_PROBLEM DESCRIPTION_. When you reach the line in the listing below that contains "files_of (resized name", begin returning lines exactly as written, and stop after the line that contains "ℕ)) → AreTables size t". Return no other lines.

_EXERCISE DATA_.

□ □ □ □ □

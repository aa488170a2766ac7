// Laws of the files of tables, each a function without a body.
ghost use Rattle.std.specs.Prelude.{◌≡◌, ◌≢◌, ◌≤◌, ℕ, false, length, List, map, None, Option};
ghost use Rattle.line_device.specs.Device.{Depicts};
ghost use Rattle.line_device.specs.Medium.{Medium, Survivors};
ghost use Rattle.line_device.specs.Panel.{Image};
ghost use Rattle.line_device.specs.declared.line.Choice.{Choice};
ghost use Rattle.word_tables.specs.declared.geometry.Geometry.{Geometry};
ghost use Rattle.word_tables.specs.Bounds.{IsValid};
ghost use Rattle.word_tables.specs.Layout.{total_lines};
ghost use Rattle.word_log.specs.Replay.{Replays};
ghost use Rattle.inode_table.specs.Slots.{IsNamed, file_count};
ghost use Rattle.nvm_model.specs.Listing as list;
ghost use Rattle.nvm_model.specs.Listing.{change_file, put_file, rename_file, without_file};
ghost use Rattle.nvm_model.specs.Storage.{File};
ghost use Rattle.file_journal.specs.Area.{file_area};
ghost use Rattle.file_journal.specs.Changes.{created, deleted, renamed, resized, switched};
ghost use Rattle.file_journal.specs.Device.{device_files};
ghost use Rattle.file_journal.specs.Files.{entry_of, files_of, hole_file, named_file, resized_file, switched_file, unit_file_name};
ghost use Rattle.file_journal.specs.Holds.{Holds};
ghost use Rattle.file_journal.specs.Listing.{listed};
ghost use Rattle.file_journal.specs.Reading.{tables_read, words_read, wrong_file_place, wrong_table};
ghost use Rattle.file_journal.specs.Standing.{FilesStand, KeepsFiles, files_read};
ghost use Rattle.file_journal.specs.Tables.{AreTables, Tables, has_file};

/// Each change of tables is that of one file in the list of files, with the units of its pages, and of no other.
pub fn a_change_is_of_one_file()
    ensures created { (size pages : ℕ) (t : Tables) (name : List ℕ) → AreTables size t → pages ≤ 256 → has_file t name ≡ false
        → file_count t.files ≢ 64 → files_of (created name pages t) ≡ put_file unit_file_name (hole_file name pages) (files_of t) }
    ensures deleted { (size : ℕ) (t : Tables) (name : List ℕ) → AreTables size t
        → files_of (deleted name t) ≡ without_file unit_file_name name (files_of t) }
    ensures renamed { (size : ℕ) (t : Tables) (name to : List ℕ) → AreTables size t → has_file t to ≡ false
        → files_of (renamed name to t) ≡ rename_file unit_file_name name (named_file to) (files_of t) }
    ensures resized { (size pages : ℕ) (t : Tables) (name : List ℕ) → AreTables size t → pages ≤ 256
        → files_of (resized name pages t) ≡ change_file unit_file_name name (resized_file pages) (files_of t) }
    ensures switched { (size inode : ℕ) (t : Tables) (name : List ℕ) (switches : List (ℕ × Option ℕ)) → AreTables size t
        → IsNamed t.files inode name → files_of (switched inode switches t) ≡ change_file unit_file_name name (switched_file switches) (files_of t) }
{}

/// The list of files has the names, the page counts and the number of the tables' files.
pub fn files_are_those_of_the_inodes()
    ensures names { (size : ℕ) (t : Tables) (name : List ℕ) → AreTables size t → has_file t name ≡ list.has_file unit_file_name name (files_of t) }
    ensures entries { (t : Tables) → map entry_of (files_of t) ≡ listed t }
    ensures number { (t : Tables) → length (files_of t) ≡ file_count t.files }
{}

/// A device stands for some files, whatever its tables: those of its marks and histories. So what a contract says of any files
/// that tables and device stand for, it says of some.
pub fn a_device_stands_for_files()
    ensures { (geo : Geometry) (m : Medium) (t : Tables) → FilesStand geo m t (device_files geo m t) }
{}

/// An image whose words hold tables after the replay reads as these, and nothing is wrong with it.
pub fn words_that_hold_tables_read_as_them()
    ensures tables { (geo : Geometry) (image word : ℕ → ℕ) (t : Tables) → Replays (file_area geo) image word → Holds geo word t
        → AreTables geo.fpages t → tables_read geo image ≡ t }
    ensures none_wrong { (geo : Geometry) (image word : ℕ → ℕ) (t : Tables) → Replays (file_area geo) image word → Holds geo word t
        → AreTables geo.fpages t → wrong_file_place geo image ≡ None }
    ensures right { (geo : Geometry) (image : ℕ → ℕ) → IsValid geo → wrong_table geo (words_read geo image) ≡ None
        → AreTables geo.fpages (tables_read geo image) }
{}

/// A restart leaves of files what it may leave, and the device stands for what is read of it; that may be left again.
pub fn files_come_back()
    ensures keeps { (choice : Choice) (geo : Geometry) (old new : Medium) (image : Image) (files : List File)
        → AreTables geo.fpages (tables_read geo image.word) → old.count ≡ total_lines geo → FilesStand geo old (tables_read geo image.word) files
        → Survivors image.unit choice old new → Depicts new image → KeepsFiles choice geo image files }
    ensures stands { (geo : Geometry) (m : Medium) (image : Image) → AreTables geo.fpages (tables_read geo image.word)
        → m.count ≡ total_lines geo → Depicts m image → FilesStand geo m (tables_read geo image.word) (files_read geo image) }
    ensures again { (choice : Choice) (geo : Geometry) (image : Image) → KeepsFiles choice geo image (files_read geo image) }
{}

□ □ □ □ □

_ANSWER SECTION_.
        → files_of (resized name pages t) ≡ change_file unit_file_name name (resized_file pages) (files_of t) }
    ensures switched { (size inode : ℕ) (t : Tables) (name : List ℕ) (switches : List (ℕ × Option ℕ)) → AreTables size t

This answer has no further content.